In September 2016, two U of T political science professors, Ryan Balot and Clifford Orwin, jointly introduced a laptop ban into their classrooms — and announced it to the world through an opinion piece in The Globe and Mail. This ban would see course lectures and discussion sections under their instruction rid themselves of electronic device usage.

The ban, and more particularly its accompanying piece, generated fervent discussion. In a Varsity survey just weeks after the implementation of the ban, students generally disapproved of the policy. While course instructors are still able to implement these policies or similar ones in their classrooms at their own discretion, the professors have since eased the strictness of such policies.

A particular point of students’ criticism was aimed at its unintentional effect on students with disabilities, who have accessibility needs. An exemption from the ban for such students was agreed upon by the professors authoring the opinion piece, but nevertheless, this exemption would nevertheless inadvertently publicize students’ disabilities to classmates. Though not a restriction, the Accessibility Services webpage now reads, “[laptop bans are] discouraged because it reveals a student’s disability to the rest of the class.”

In 2017, a study conducted across the US found that only four per cent of students do not have access to either a laptop or desktop computer, and a significant proportion of that minority owns a portable tablet or smartphone.

By proportion alone, it is amiss to enforce electronic-free spaces for larger classes — it is a practice that is suited only to very small and specialized seminars.

Plenty of studies cement the possibility that note-taking on laptops as opposed to by hand can lower a student’s performance. Though the study does not make an explicit conclusion, it instead attributes the drop in results to multitasking on a device — that is, getting distracted by things like your Facebook feed. A significant portion of other studies produce similar claims in which laptop usage, one way or another, detracts from your learning quality.

The impact of these studies, however, has declined over the years, as the number of students that are being educated and formally trained under official curricula that recommend — or mandate, as mine did — the use of computer technologies over physical and paper materials is growing. Learning to use a word processor in place of a ballpoint pen was part of my first information and communications technology lesson — 14 years ago when computers still took floppy disks and shared the same ugly shade of beige as the classroom walls.

And as much as marks can count for everything, it is a genuinely hard ask to produce an entire semester of notes — that I will have to deign to rewrite and bind together to read in one go — in a notebook, as opposed to a MacBook when folders and scroll functions exist.

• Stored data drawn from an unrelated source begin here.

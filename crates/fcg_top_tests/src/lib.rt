//! The tests of the commands, and those that need the writer of class files, by public calls alone.
#![tactic(auto)]

#[cfg(test)]
mod bundles;
#[cfg(test)]
mod class_files;
#[cfg(test)]
mod kinds;
#[cfg(test)]
mod packs;
#[cfg(test)]
mod runs;
#[cfg(test)]
mod written;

Now, some points against the ban are intuitive, and the most prominent one I’ve seen is that laptops and screen devices can be distracting to a student’s learning in the same manner that second-hand smoke sucks for passers-by. That is, that they not only affect the student taking the notes, but the environment as a whole.

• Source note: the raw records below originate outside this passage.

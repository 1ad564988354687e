//! What no clause says: that a run succeeds where there is memory, what it prints, and what is left where a read or a
//! write fails in mid-stream.
ghost use Rattle.std.specs.Prelude.{None};
ghost use Rattle.fcg_bytes.specs.Objects.{aside_of_none};

use crate::bundles::{CALLS, CALLS_ITSELF, LAMBDA, METHODS, SMALLEST};
use fcg_bytes::{Failed, MemoryFiles, MemorySink, MemorySource, Sink};
use fcg_top::{Status, run};
use fcg_views::NoMemory;
use std::alloc::{AllocError, Global};
use std::test::Fail;

/// What a run over memory left.
#[derive(Drop)]
pub struct Outcome {
    pub status: Status,
    pub output: MemorySink,
    pub errors: MemorySink,
}

impl Outcome {
    /// Whether it ended with this status and left these bytes on the output, and these on the errors.
    pub fn is(&self, status: Status, output: &[u8], errors: &[u8]) -> bool {
        self.status == status && self.output.bytes() == output && self.errors.bytes() == errors
    }
}

// A sink that takes five bytes a call at most, and fails at the call with this number.
#[derive(Drop)]
struct Trickle {
    bytes: Vec<u8>,
    fail: u64,
    calls: u64,
    faults: u64,
}

impl Sink for Trickle {
    ghost taken = { λ _. None };

    ghost faults = { λ s. s.faults };

    ghost aside = { λ _. aside_of_none };

    fn write(&mut self, bytes: &[u8]) -> Result<usize, Failed> {
        let call = self.calls;
        self.calls = self.calls.saturating_add(1);
        let count = bytes.len().min(5);
        if call == self.fail || self.bytes.extend_from_slice(&bytes[..count]).is_err() {
            self.faults = self.faults.saturating_add(1);
            return Err(Failed);
        }
        Ok(count)
    }
}

// The words between the spaces of a line.
fn words(alloc: Global, line: &str) -> Result<Vec<String>, AllocError> {
    let mut words = Vec::new(alloc);
    for word in line.split(' ') {
        words.push(String::from_str(alloc, word)?)?;
    }
    Ok(words)
}

// A source in pieces of ten bytes, where the reads with these numbers fail.
fn source_of(alloc: Global, bytes: &[u8], fail: &[u64]) -> Result<MemorySource, AllocError> {
    Ok(MemorySource::new(bytes.to_vec(alloc)?, 10, fail.to_vec(alloc)?))
}

/// An outcome of nothing yet, with room for so many bytes on the output, whose call with a number fails.
pub fn outcome_of(alloc: Global, room: usize, fail: &[u64]) -> Result<Outcome, NoMemory> {
    let output = MemorySink::new(alloc, room, fail.to_vec(alloc)?)?;
    let errors = MemorySink::new(alloc, 1000, Vec::new(alloc))?;
    Ok(Outcome {
        status: Status::Words,
        output,
        errors,
    })
}

// Runs words over a source.
fn run_source(
    alloc: Global,
    line: &str,
    input: &mut MemorySource,
    outcome: &mut Outcome,
) -> Result<(), AllocError> {
    let words = words(alloc, line)?;
    let mut files = MemoryFiles::new(Vec::new(alloc), Vec::new(alloc));
    outcome.status = run(
        alloc,
        &words,
        input,
        &mut outcome.output,
        &mut outcome.errors,
        &mut files,
    );
    Ok(())
}

/// Runs words over bytes in pieces of ten, where the reads with these numbers fail.
pub fn run_over(
    alloc: Global,
    line: &str,
    bytes: &[u8],
    fail: &[u64],
) -> Result<Outcome, NoMemory> {
    let mut input = source_of(alloc, bytes, fail)?;
    let mut outcome = outcome_of(alloc, 2000, &[])?;
    run_source(alloc, line, &mut input, &mut outcome)?;
    Ok(outcome)
}

// The words, the input, and then the status, the output and the errors.
const RUNS: &[(&str, &[u8], Status, &str, &str)] = &[
    (
        "list",
        SMALLEST,
        Status::Ok,
        "type I\ntypes 1 methods 0\n",
        "",
    ),
    (
        "list",
        METHODS,
        Status::Ok,
        "type p/Q\nmethod go(I[JLjava/lang/String;)Ljava/lang/Object;\nmethod %C3%A9t%C3%A9()V\ntypes 1 methods 2\n",
        "",
    ),
    (
        "list",
        b"FCGB\x00\x01\x00\x00\x00\x00",
        Status::Ok,
        "types 0 methods 0\n",
        "",
    ),
    (
        "list",
        b"FCG",
        Status::Refused,
        "",
        "{\"entry\":0,\"fault\":\"BadBundle\",\"offset\":0,\"rule\":\"Cut\"}\n",
    ),
    (
        "list",
        b"FCGB\x00\x01\xff\xff\xff\xff",
        Status::Refused,
        "",
        "{\"entry\":0,\"fault\":\"BadBundle\",\"offset\":10,\"rule\":\"Cut\"}\n",
    ),
    (
        "list",
        b"PK\x03\x04",
        Status::Refused,
        "",
        "{\"fault\":\"Jar\"}\n",
    ),
    ("sites", SMALLEST, Status::Ok, "sites 0\n", ""),
    ("sites", METHODS, Status::Ok, "sites 0\n", ""),
    (
        "sites",
        b"FCGB\x00\x01\x00\x00\x00\x00",
        Status::Ok,
        "sites 0\n",
        "",
    ),
    (
        "sites",
        b"FCG",
        Status::Refused,
        "",
        "{\"entry\":0,\"fault\":\"BadBundle\",\"offset\":0,\"rule\":\"Cut\"}\n",
    ),
    (
        "sites",
        b"PK\x03\x04",
        Status::Refused,
        "",
        "{\"fault\":\"Jar\"}\n",
    ),
    ("", SMALLEST, Status::Words, "", "words\n"),
    ("site", SMALLEST, Status::Words, "", "words\n"),
    ("list x", SMALLEST, Status::Words, "", "words\n"),
    ("sites x", SMALLEST, Status::Words, "", "words\n"),
    ("pack", SMALLEST, Status::Words, "", "words\n"),
    ("pack ", SMALLEST, Status::Words, "", "words\n"),
    ("pack -d", SMALLEST, Status::Words, "", "words\n"),
    ("pack d e", SMALLEST, Status::Words, "", "words\n"),
];

#[test]
fn prints_or_refuses(rt: HostRuntime) -> Result<(), Fail> {
    for (line, bytes, status, output, errors) in RUNS {
        let outcome = run_over(rt.alloc(), line, bytes, &[])?;
        assert!(rt;
            outcome.is(*status, output.as_bytes(), errors.as_bytes()),
            "{line}"
        );
    }
    Ok(())
}

const LISTED: &[(&str, &[u8], &str)] = &[
    (
        "list",
        CALLS_ITSELF,
        "type p/A\nmethod m()V\ntypes 1 methods 1\n",
    ),
    (
        "sites",
        CALLS_ITSELF,
        "site p/A.m()V 0 static p/A.m()V\nsites 1\n",
    ),
    (
        "sites",
        LAMBDA,
        concat!(
            "site p/L.main()V 0 handle6 java/lang/invoke/LambdaMetafactory.metafactory()V\n",
            "site p/L.main()V 0 handle6 p/L.lambda$main$0()V\n",
            "sites 2\n",
        ),
    ),
    (
        "sites",
        CALLS,
        concat!(
            "site p/Calls.%3Cinit%3E()V 1 special java/lang/Object.%3Cinit%3E()V\n",
            "site p/Calls.toString()Ljava/lang/String; 1 special java/lang/Object.toString()Ljava/lang/String;\n",
            "site p/Calls.dense(ILjava/lang/CharSequence;)I 29 interface java/lang/CharSequence.length()I\n",
            "site p/Calls.dense(ILjava/lang/CharSequence;)I 36 static java/lang/Math.abs(I)I\n",
            "site p/Calls.dense(ILjava/lang/CharSequence;)I 41 interface java/lang/CharSequence.toString()Ljava/lang/String;\n",
            "site p/Calls.dense(ILjava/lang/CharSequence;)I 46 virtual java/lang/String.length()I\n",
            "site p/Calls.dense(ILjava/lang/CharSequence;)I 51 static p/Calls.sparse(I)I\n",
            "site p/Calls.sparse(I)I 42 static java/lang/Math.max(II)I\n",
            "site p/Calls.sparse(I)I 47 static java/lang/Integer.bitCount(I)I\n",
            "site p/Calls.sparse(I)I 53 static p/Calls.dense(ILjava/lang/CharSequence;)I\n",
            "site p/Calls.twice(Lp/Calls;)I 1 virtual java/lang/Object.hashCode()I\n",
            "site p/Calls.twice(Lp/Calls;)I 5 virtual java/lang/Object.hashCode()I\n",
            "sites 12\n",
        ),
    ),
];

#[test]
fn prints_the_calls_of_code(rt: HostRuntime) -> Result<(), Fail> {
    for (line, bytes, output) in LISTED {
        let outcome = run_over(rt.alloc(), line, bytes, &[])?;
        assert!(rt; outcome.is(Status::Ok, output.as_bytes(), b""), "{line}");
    }
    Ok(())
}

/// The front of a bundle of so many entries.
pub fn begin_bundle(alloc: Global, count: u8) -> Result<Vec<u8>, AllocError> {
    let mut bytes = b"FCGB\x00\x01\x00\x00\x00".to_vec(alloc)?;
    bytes.push(count)?;
    Ok(bytes)
}

/// An entry more.
pub fn push_entry(bytes: &mut Vec<u8>, path: &[u8], body: &[u8]) -> Result<(), Fail> {
    bytes.extend_from_slice(&u16::try_from(path.len())?.to_be_bytes())?;
    bytes.extend_from_slice(path)?;
    bytes.extend_from_slice(&u32::try_from(body.len())?.to_be_bytes())?;
    bytes.extend_from_slice(body)?;
    Ok(())
}

// A bundle of the smallest class file at each of these paths.
fn bundle_at(alloc: Global, paths: &[&[u8]]) -> Result<Vec<u8>, Fail> {
    let mut bytes = begin_bundle(alloc, u8::try_from(paths.len())?)?;
    for path in paths {
        push_entry(&mut bytes, path, &SMALLEST[23..])?;
    }
    Ok(bytes)
}

// Whether `list` refuses a bundle with this line.
fn is_refused(alloc: Global, bytes: &[u8], line: &[u8]) -> Result<bool, NoMemory> {
    let outcome = run_over(alloc, "list", bytes, &[])?;
    Ok(outcome.is(Status::Refused, b"", line))
}

const AT_LENGTH: &[u8] = b"{\"entry\":0,\"fault\":\"BadBundle\",\"offset\":10,\"rule\":\"Path\"}\n";

// The paths of the entries, and the line on the errors.
const PATHS: &[(&[&[u8]], &[u8])] = &[
    (
        &[b"a/../I.class"],
        b"{\"entry\":0,\"fault\":\"BadBundle\",\"offset\":12,\"rule\":\"Path\"}\n",
    ),
    (
        &[b"\x7f.class"],
        b"{\"entry\":0,\"fault\":\"BadBundle\",\"offset\":12,\"rule\":\"Path\"}\n",
    ),
    (&[b""], AT_LENGTH),
    (
        &[b"I.class", b"I.class"],
        b"{\"entry\":1,\"fault\":\"BadBundle\",\"offset\":78,\"rule\":\"Path\"}\n",
    ),
];

#[test]
fn refuses_paths(rt: HostRuntime) -> Result<(), Fail> {
    for (paths, line) in PATHS {
        let bytes = bundle_at(rt.alloc(), paths)?;
        assert!(rt; is_refused(rt.alloc(), &bytes, line)?);
    }
    let long = vec![in rt.alloc(); b'a'; 1025]?;
    let bytes = bundle_at(rt.alloc(), &[long.as_slice()])?;
    assert!(rt; is_refused(rt.alloc(), &bytes, AT_LENGTH)?);
    Ok(())
}

// A bundle of a text, the smallest class file, and the same for later versions of the platform.
fn with_others(alloc: Global) -> Result<Vec<u8>, Fail> {
    let mut bytes = begin_bundle(alloc, 3)?;
    push_entry(&mut bytes, b"a.txt", b"no class file")?;
    push_entry(&mut bytes, b"I.class", &SMALLEST[23..])?;
    push_entry(&mut bytes, b"META-INF/versions/9/I.class", &SMALLEST[23..])?;
    Ok(bytes)
}

#[test]
fn passes_entries_over(rt: HostRuntime) -> Result<(), Fail> {
    let bytes = with_others(rt.alloc())?;
    let outcome = run_over(rt.alloc(), "list", &bytes, &[])?;
    assert!(rt; outcome.is(Status::Ok, b"type I\ntypes 1 methods 0\n", b""));
    Ok(())
}

// The smallest bundle with another byte at a place, without its last bytes, and with others after it.
fn changed(alloc: Global, at: usize, byte: u8, cut: usize, more: &[u8]) -> Result<Vec<u8>, Fail> {
    let mut bytes = SMALLEST.to_vec(alloc)?;
    if let Some(place) = bytes.get_mut(at) {
        *place = byte;
    }
    bytes.truncate(SMALLEST.len().saturating_sub(cut));
    bytes.extend_from_slice(more)?;
    Ok(bytes)
}

// A byte of a name; a body without its last byte; and a byte after the last entry.
const CHANGED: &[(usize, u8, usize, &[u8], &[u8])] = &[
    (
        45,
        0,
        0,
        b"",
        b"{\"entry\":0,\"fault\":\"BadClass\",\"index\":3,\"offset\":22,\"rule\":\"BadUtf8\"}\n",
    ),
    (
        22,
        52,
        1,
        b"",
        b"{\"entry\":0,\"fault\":\"BadClass\",\"index\":0,\"offset\":51,\"rule\":\"Cut\"}\n",
    ),
    (
        22,
        53,
        0,
        b"\0",
        b"{\"entry\":1,\"fault\":\"BadBundle\",\"offset\":76,\"rule\":\"Trailing\"}\n",
    ),
];

#[test]
fn refuses_class_files_and_what_follows(rt: HostRuntime) -> Result<(), Fail> {
    for (at, byte, cut, more, line) in CHANGED {
        let bytes = changed(rt.alloc(), *at, *byte, *cut, more)?;
        assert!(rt; is_refused(rt.alloc(), &bytes, line)?);
    }
    Ok(())
}

const FAILED_READS: &[(&str, u64)] = &[("list", 0), ("list", 3), ("list", 8), ("sites", 3)];

#[test]
fn a_read_fails(rt: HostRuntime) -> Result<(), Fail> {
    for (line, call) in FAILED_READS {
        let outcome = run_over(rt.alloc(), line, SMALLEST, &[*call])?;
        assert!(rt;
            outcome.is(Status::ReadFailed, b"", b"read failed\n"),
            "{line} at {call}"
        );
    }
    Ok(())
}

// Runs words over the smallest bundle into a sink that fails, with no room on the errors. Tells whether they stay empty, too.
fn run_trickle(
    alloc: Global,
    line: &str,
    output: &mut Trickle,
) -> Result<(Status, bool), NoMemory> {
    let words = words(alloc, line)?;
    let mut input = source_of(alloc, SMALLEST, &[])?;
    let mut errors = MemorySink::new(alloc, 0, Vec::new(alloc))?;
    let mut files = MemoryFiles::new(Vec::new(alloc), Vec::new(alloc));
    let status = run(alloc, &words, &mut input, output, &mut errors, &mut files);
    Ok((status, errors.bytes().is_empty()))
}

// The words, the number of the write that fails, and what was written before.
const FAILED_WRITES: &[(&str, u64, &str)] = &[("list", 2, "type I\ntyp"), ("sites", 1, "sites")];

#[test]
fn a_write_fails(rt: HostRuntime) -> Result<(), Fail> {
    for (line, fail, written) in FAILED_WRITES {
        let mut output = Trickle {
            bytes: Vec::new(rt.alloc()),
            fail: *fail,
            calls: 0,
            faults: 0,
        };
        let (status, empty) = run_trickle(rt.alloc(), line, &mut output)?;
        let same = output.bytes.as_slice() == written.as_bytes();
        assert!(rt; status == Status::WriteFailed && same && empty, "{line}");
    }
    Ok(())
}

const TOO_LONG: &[u8] = b"{\"fault\":\"BodyTooLong\",\"limit\":67108864}\n";

#[test]
fn above_the_limit(rt: HostRuntime) -> Result<(), Fail> {
    for line in ["list", "sites"] {
        let bytes = vec![in rt.alloc(); 0u8; 67_108_865]?;
        let mut input = MemorySource::new(bytes, 1_000_000, Vec::new(rt.alloc()));
        let mut outcome = outcome_of(rt.alloc(), 100, &[])?;
        run_source(rt.alloc(), line, &mut input, &mut outcome)?;
        assert!(rt; outcome.is(Status::Refused, b"", TOO_LONG), "{line}");
    }
    Ok(())
}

I’m inclined to believe it because you really can’t disagree. When possible, my note-taking is sparse and I tend to just listen, but I’ll always locate myself at the back of the class if I do have my laptop out. Should my screen light up, and colours flash as I switch tabs with a barely conscious swipe on my trackpad, that’s only a glance and five seconds to regain focus for the eagle-eyed student behind me.

At the end of the day, universities can be freeing. It’s in your hands whether or not you want to climb out of bed and go to class in the morning. Professors should not have to cater their classes to make sure everyone’s got two thumbs up, but they should not be giving anyone more reasons to choose not to come.

Laptop bans are based on meaningful data and good principles, but they simply run afoul of the unspoken rule of university life — that class isn’t mandatory if the student says it isn’t.

You accept the syllabus as it stands on the first week of class and it’s on you if you can’t meet deadlines. But you cannot seriously be expected to conform to a laptop ban — not when a subject is dedicated in formalized curricula to learning how to use one, as mine was, and not when it’s stressed to you as a career skill. Not if you’re working shifts in-between classes and can’t afford any more time to redress your notes, and not if your laptop goes where you go more than your notebook does.

I do feel for the professors who want these policies in their classes, because I understand the principle behind it. But at the end of the day, you are teaching to people who have the capacity to choose for themselves. Don’t give them another reason not to pick your class.

Andre Fajardo is a fourth-year Political Science and Philosophy student at Innis College.

Editor’s Note (February 5, 4:38): This article has been changed to correct Ryan Balot’s first name.